Uang lebih baik dipakai untuk pengadaan tes PCR. Faktanya, PCR dibutuhkan untuk skrining penemuan kasus baru. Sedangkan, vaksin dipakai untuk pencegahan.

Hoaks lain seputar vaksin Covid-19 yakni tudingan bahwa uji klinis yang digelar di Bandung bersifat ecek-ecek lantaran jumlahnya terlalu sedikit hanya 1.620 orang.

Faktanya, uji klinis vaksin dilakukan secara multisenter di beberapa negara lain dengan jumlah total 30.490 orang.

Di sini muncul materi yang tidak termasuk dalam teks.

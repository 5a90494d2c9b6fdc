//! Worked operators, signs and calls.

use fi_math::{Fimath, Mode};
use fi_rules::{
    Asked, Built, BuiltIn, Meeting, Missing, Shown, Side, Signed, Stated, Ty, Work, Working, ask,
    build, built_in, is_same, meet, sign, work_of, work_out,
};
use fic_base::{Code, Text};
use mat_ast::{BinOp, UnOp};
use num_type::{Dyadic, Int, NumType, Overflow, Rounding};
use std::alloc::Global;
use std::test::Fail;

/// A fi of this type, with this attached fimath.
fn fi_with(signed: bool, word: u32, fraction: i32, m: Option<Fimath>) -> Ty {
    match NumType::make(signed, word, fraction) {
        Some(t) => Ty::Fi(t, m),
        None => Ty::Other,
    }
}

/// A fi of this type without an attached fimath.
fn fi(signed: bool, word: u32, fraction: i32) -> Ty {
    fi_with(signed, word, fraction, None)
}

/// The constant `m * 2^e`.
fn number(m: i64, e: i32) -> Ty {
    match Dyadic::make(m, e) {
        Some(c) => Ty::Number(c),
        None => Ty::Other,
    }
}

/// A numerictype object.
fn type_object(signed: bool, word: u32, fraction: i32) -> Ty {
    match NumType::make(signed, word, fraction) {
        Some(t) => Ty::Type(t),
        None => Ty::Other,
    }
}

/// A text.
fn words(alloc: Global, text: &[u8]) -> Ty {
    match Text::from_bytes(alloc, text) {
        Ok(text) => Ty::Words(text),
        Err(_) => Ty::Other,
    }
}

/// Whether a type has these parts.
fn has_parts(t: NumType, signed: bool, word: u32, fraction: i32) -> bool {
    t.signed() == signed && t.word() == word && t.fraction() == fraction
}

/// Whether an operator is refused with this code before its node is counted.
fn meets_not(work: Work, x: &Ty, y: &Ty, code: Code, shown: Shown) -> bool {
    match meet(work, x, y) {
        Ok(_) => false,
        Err(missing) => missing == Missing { code, shown },
    }
}

/// Whether an operator is refused so, and shows itself.
fn is_refused(work: Work, x: &Ty, y: &Ty, code: Code) -> bool {
    meets_not(work, x, y, code, Shown::Itself)
}

/// Whether an operator on constants folds to `m * 2^e`.
fn folds_to(work: Work, x: &Ty, y: &Ty, m: i64, e: i32) -> bool {
    match meet(work, x, y) {
        Ok(Meeting::Folds(c)) => Dyadic::make(m, e) == Some(c),
        _ => false,
    }
}

/// Whether the constant to the right of a fi gets this fraction length and stored integer.
fn stores(x: &Ty, y: &Ty, fraction: i32, stored: i128) -> bool {
    match meet(Work::Sum, x, y) {
        Ok(met) => right_stores(met, fraction, stored),
        Err(_) => false,
    }
}

/// Whether the operand to the right is a constant of this fraction length and stored integer.
fn right_stores(met: Meeting, fraction: i32, stored: i128) -> bool {
    match met {
        Meeting::Folds(_) => false,
        Meeting::Meets(_, right) => side_stores(right, fraction, stored),
    }
}

/// Whether an operand is a constant of this fraction length and stored integer.
fn side_stores(side: Side, fraction: i32, stored: i128) -> bool {
    match side {
        Side::Fi(_, _) => false,
        Side::Constant(_, f, z) => f == fraction && is_whole(z, stored),
    }
}

/// Whether a whole number is this machine integer.
fn is_whole(z: Int, v: i128) -> bool {
    let w = Int::from_i128(v);
    z.at_most(w) && w.at_most(z)
}

/// Whether an operator's operands meet, and it is then refused with this code.
fn works_not(work: Work, x: &Ty, y: &Ty, code: Code, shown: Shown) -> bool {
    match meet(work, x, y) {
        Ok(met) => match work_out(work, met) {
            Ok(_) => false,
            Err(missing) => missing == Missing { code, shown },
        },
        Err(_) => false,
    }
}

/// Whether an operator gives a fi of this type.
fn gives(work: Work, x: &Ty, y: &Ty, signed: bool, word: u32, fraction: i32) -> bool {
    match meet(work, x, y) {
        Ok(met) => match work_out(work, met) {
            Ok(Working::Computes(_, _, _, t)) => has_parts(t, signed, word, fraction),
            _ => false,
        },
        Err(_) => false,
    }
}

/// The fimath that is attached to a sum.
fn attached(x: &Ty, y: &Ty) -> Option<Fimath> {
    match meet(Work::Sum, x, y) {
        Ok(met) => match work_out(Work::Sum, met) {
            Ok(working) => attached_to(working),
            Err(_) => None,
        },
        Err(_) => None,
    }
}

/// The fimath that is attached to a result.
fn attached_to(working: Working) -> Option<Fimath> {
    match working {
        Working::FoldsTo(_) => None,
        Working::Computes(_, _, by, _) => by.attached,
    }
}

/// A fimath with another rounding method.
fn rounding_down() -> Fimath {
    Fimath {
        rounding: Rounding::Floor,
        ..Fimath::usual()
    }
}

#[test]
fn constants_beside_fis(rt: HostRuntime) -> Result<(), Fail> {
    let byte = fi(true, 8, 0);
    let pair = fi(false, 2, 0);
    assert!(rt; stores(&byte, &number(1, -1), 7, 64));
    assert!(rt; stores(&byte, &number(-1, 0), 7, -128));
    assert!(rt; stores(&pair, &number(3, 0), 0, 3));
    assert!(rt; stores(&pair, &number(1, 2), -1, 2));
    assert!(rt; stores(&fi(true, 8, 3), &number(0, 0), 7, 0));
    let five = number(5, 0);
    let inexact = Code::LiteralInexact;
    let right = Shown::RightConstant;
    assert!(rt; meets_not(Work::Sum, &pair, &number(-1, 0), inexact, right));
    assert!(rt; meets_not(Work::Sum, &pair, &five, inexact, right));
    assert!(rt; meets_not(Work::Sum, &five, &pair, inexact, Shown::LeftConstant));
    Ok(())
}

#[test]
fn operators_on_constants(rt: HostRuntime) -> Result<(), Fail> {
    let one = number(1, 0);
    let three = number(3, 0);
    let half = number(1, -1);
    assert!(rt; folds_to(Work::Sum, &one, &half, 3, -1));
    assert!(rt; folds_to(Work::Difference, &one, &half, 1, -1));
    assert!(rt; folds_to(Work::Product, &three, &number(3, -1), 9, -1));
    assert!(rt; folds_to(Work::Power, &number(1, 1), &number(-15, 0), 1, -15));
    assert!(rt; folds_to(Work::Power, &number(0, 0), &number(0, 0), 1, 0));
    assert!(rt; is_refused(Work::Power, &three, &number(-1, 0), Code::LiteralInexact));
    assert!(rt; is_refused(Work::Power, &three, &half, Code::BadArgument));
    assert!(rt; is_refused(Work::Power, &one, &number(401, 0), Code::BadArgument));
    assert!(rt; is_refused(Work::Sum, &number(1, 400), &one, Code::LiteralInexact));
    Ok(())
}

Julitasari mengatakan ada pula argumen yang dituduhkan gerakan antivaksin terbukti palsu. Misalnya soal tudingan vaksin MMR menyebabkan autisme.

Faktanya, data yang dipublikasikan di majalah Lancet tidak benar. Majalah itu lantas menarik artikelnya pada 6 Februari 2010. Selain itu banyak riset membuktikan tuduhan vaksin MMR menyebabkan autisme tidak terbukti.

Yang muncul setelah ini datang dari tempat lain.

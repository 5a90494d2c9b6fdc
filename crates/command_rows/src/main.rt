//! Worked rows of commands: each has the words of a command, the files that it finds, and the status and bytes that were worked out by hand.
//! The program carries each command out by `top` and names those that leave something else.
#![tactic(auto)]

mod row;
mod texts;

use row::Row;
use std::io::{BufRead, BufReader};

fn main(rt: HostRuntime) -> anyhow::Result<()> {
    let alloc = rt.alloc();
    let mut row = Row::new(alloc);
    let mut commands = 0u64;
    let mut others = 0u64;
    for line in BufReader::new(alloc, rt.reader())?.lines(alloc) {
        let line = line?;
        if let Some(status) = row.read(alloc, line.as_str())? {
            commands = commands.saturating_add(1);
            if let Some(got) = row.other_than(alloc, status)? {
                others = others.saturating_add(1);
                println!(rt; "row {}: {}", row.name.as_str(), got.as_str())?;
            }
        }
    }
    println!(rt; "{commands} commands, {others} with another outcome")?;
    Ok(())
}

Mitos lain seputar vaksin Covid-19 misalnya sistem imun bayi tidak bisa mengatasi berbagai vaksin. Faktanya, justru makin kecil anak makin baik diberikan imunisasi. Vaksin hepatitis B misalnya diberikan saat masih bayi. Begitu pula vaksin Polio diberikan saat bayi masih di rumah sakit. Vaksin akan memberikan respons imun terhadap antigen yang masuk.

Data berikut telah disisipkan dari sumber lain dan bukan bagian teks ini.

/// Where the links from a name end, if it is a link, and the place at which what is there may stand
/// in its frame. A name that is no link, as most are, is looked up once, and stands at that place.
pub(crate) fn find_end(
    frames: &[Frame],
    alloc: Global,
    level: usize,
    base: &str,
    key: Option<&str>,
) -> Result<(Option<Target>, usize), AllocError>
    requires { AreFit 0 frames.now }
    ensures { IfOk result (λ found. end_of frames.now
        (over (start level base.now) (part_of (option_copied key.entry)))
        ≡ target_or (start level base.now) (part_of (option_copied key.entry)) found.0) }
{
    match unlinked_place(frames, level, base) {
        Some(place) => Ok((None, place)),
        None => Ok((find_target(frames, alloc, level, base, key)?, 0)),
    }
}

/// The part that a key means.
fn part_written(key: Option<&str>) -> Part<'_>
    ensures { seen_part result ≡ part_of (option_copied key.entry) }
{
    match key {
        None => Part::Whole,
        Some(key) => Part::Element(key),
    }
}

/// Where the links from a name end, borrowed.
#[derive(Clone, Copy)]
pub(crate) struct Ended<'a> {
    pub(crate) level: usize,
    pub(crate) base: &'a str,
    pub(crate) part: Part<'a>,
}

/// Where the links from a name at a level end: at the target, or at the name itself where there is
/// none.
pub(crate) fn end_or<'a>(
    target: &'a Option<Target>,
    level: usize,
    base: &'a str,
    key: Option<&'a str>,
) -> Ended<'a>
    ensures { ended result
        ≡ target_or (start level base.now) (part_of (option_copied key.entry)) target.now }
{
    match target {
        None => Ended {
            level,
            base,
            part: part_written(key),
        },
        Some(end) => Ended {
            level: end.level,
            base: end.name.as_str(),
            part: end.part.as_part(),
        },
    }
}

/// Changes what a name at a level stands for.
pub(crate) fn change_at(
    frames: &mut [Frame],
    alloc: Global,
    level: usize,
    base: &str,
    part: Part<'_>,
    change: Change,
    name: &Text,
) -> Result<(), FrameError>
    requires { level < length frames.old }
    ensures ok { OnOk result (change_levels change frames.old
        (over (start level base.now) (seen_part part.entry)) name.now ≡ Ok frames.new) }
    ensures err { IfErr result
        (λ e. Refuses e (change_levels change frames.old
        (over (start level base.now) (seen_part part.entry)) name.now)) }
    ensures unchanged { OnErr result (frames.new ≡ frames.old) }
{
    let frame = &mut frames[level];
    frame.change(alloc, base, part, change, name)
}

/// Changes what a name at a level stands for, or gives the change back where the name is a link.
fn change_unlinked(
    frames: &mut [Frame],
    alloc: Global,
    level: usize,
    base: &str,
    part: Part<'_>,
    change: Change,
    name: &Text,
) -> Result<Option<Change>, FrameError>
    requires { level < length frames.old }
    ensures ok { IfOk result
        (λ left. MatchOption left (IsChangedThere change frames.old
        (over (start level base.now) (seen_part part.entry)) name.now frames.new)
        (λ c. (c ≡ change) × (frames.new ≡ frames.old))) }
    ensures err { IfErr result
        (λ e. (link_of (bound frames.old level base.now) ≡ None) ×
        Refuses e (change_levels change frames.old
        (over (start level base.now) (seen_part part.entry)) name.now)) }
    ensures unchanged { OnErr result (frames.new ≡ frames.old) }
{
    let frame = &mut frames[level];
    frame.change_unlinked(alloc, base, part, change, name)
}

/// Changes what is where the links from a name at a level end. Where the name is no link, as most
/// are, a set looks it up once.
pub(crate) fn change_from(
    frames: &mut [Frame],
    alloc: Global,
    level: usize,
    base: &str,
    key: Option<&str>,
    change: Change,
    name: &Text,
) -> Result<(), FrameError>
    requires fit { AreFit 0 frames.old }
    requires within { level < length frames.old }
    ensures ok { OnOk result (change_levels change frames.old
        (end_of frames.old (over (start level base.now) (part_of (option_copied key.entry))))
        name.now ≡ Ok frames.new) }
    ensures err { IfErr result
        (λ e. Refuses e (change_levels change frames.old
        (end_of frames.old (over (start level base.now) (part_of (option_copied key.entry))))
        name.now)) }
    ensures unchanged { OnErr result (frames.new ≡ frames.old) }
{
    match change_unlinked(frames, alloc, level, base, part_written(key), change, name) {
        Ok(None) => Ok(()),
        Ok(Some(change)) => {
            let end = find_target(frames, alloc, level, base, key)?;
            let at = end_or(&end, level, base, key);
            change_at(frames, alloc, at.level, at.base, at.part, change, name)
        }
        Err(error) => Err(error),
    }
}

/// Changes what a name stands for.
pub(crate) fn change_in(
    frames: &mut [Frame],
    alloc: Global,
    name: &Text,
    change: Change,
) -> Result<(), FrameError>
    requires fit { AreFit 0 frames.old }
    requires some { 0 < length frames.old }
    ensures ok { OnOk result (change_named change frames.old name.now ≡ Ok frames.new) }
    ensures err { IfErr result (λ e. Refuses e (change_named change frames.old name.now)) }
    ensures unchanged { OnErr result (frames.new ≡ frames.old) }
{
    match read_name(name.as_str()) {
        None => Err(refused(NameFault::BadName, name)),
        Some(written) => {
            let level = level_meant(frames, written.is_global);
            change_from(
                frames,
                alloc,
                level,
                written.base,
                written.key,
                change,
                name,
            )
        }
    }
}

Dia meminta masyarakat tidak mudah terpancing isu hoaks seputar vaksin. Julitasari mengajar masyarakat mendapatkan informasi yang tepat melalui sumber terpercaya dan kredibel.

“Kami khawatir kelompok ini yang besar. Dan kelompok ini yang perlu kita perjuangkan bisa kita yakinkan bahwa isu-isu itu adalah hoaks dan percayalah pada pendapat pakar yang kemudian diadopsi pemerintah,” kata Septiaji.

Sementara, Ketua Presidium Masyarakat Anti Fitnah Indonesia (Mafindo) Septiaji Eko Nugroho, mengatakan selama pandemi pihaknya mencatat jumlah hoaks Covid-19 sangat masif.

Data Mafindo menunjukkan pada 2018, ditemukan 997 hoaks. Jumlah ini meningkat pada 2019 menjadi 1.221 hoaks seiring digelarnya Pemilu.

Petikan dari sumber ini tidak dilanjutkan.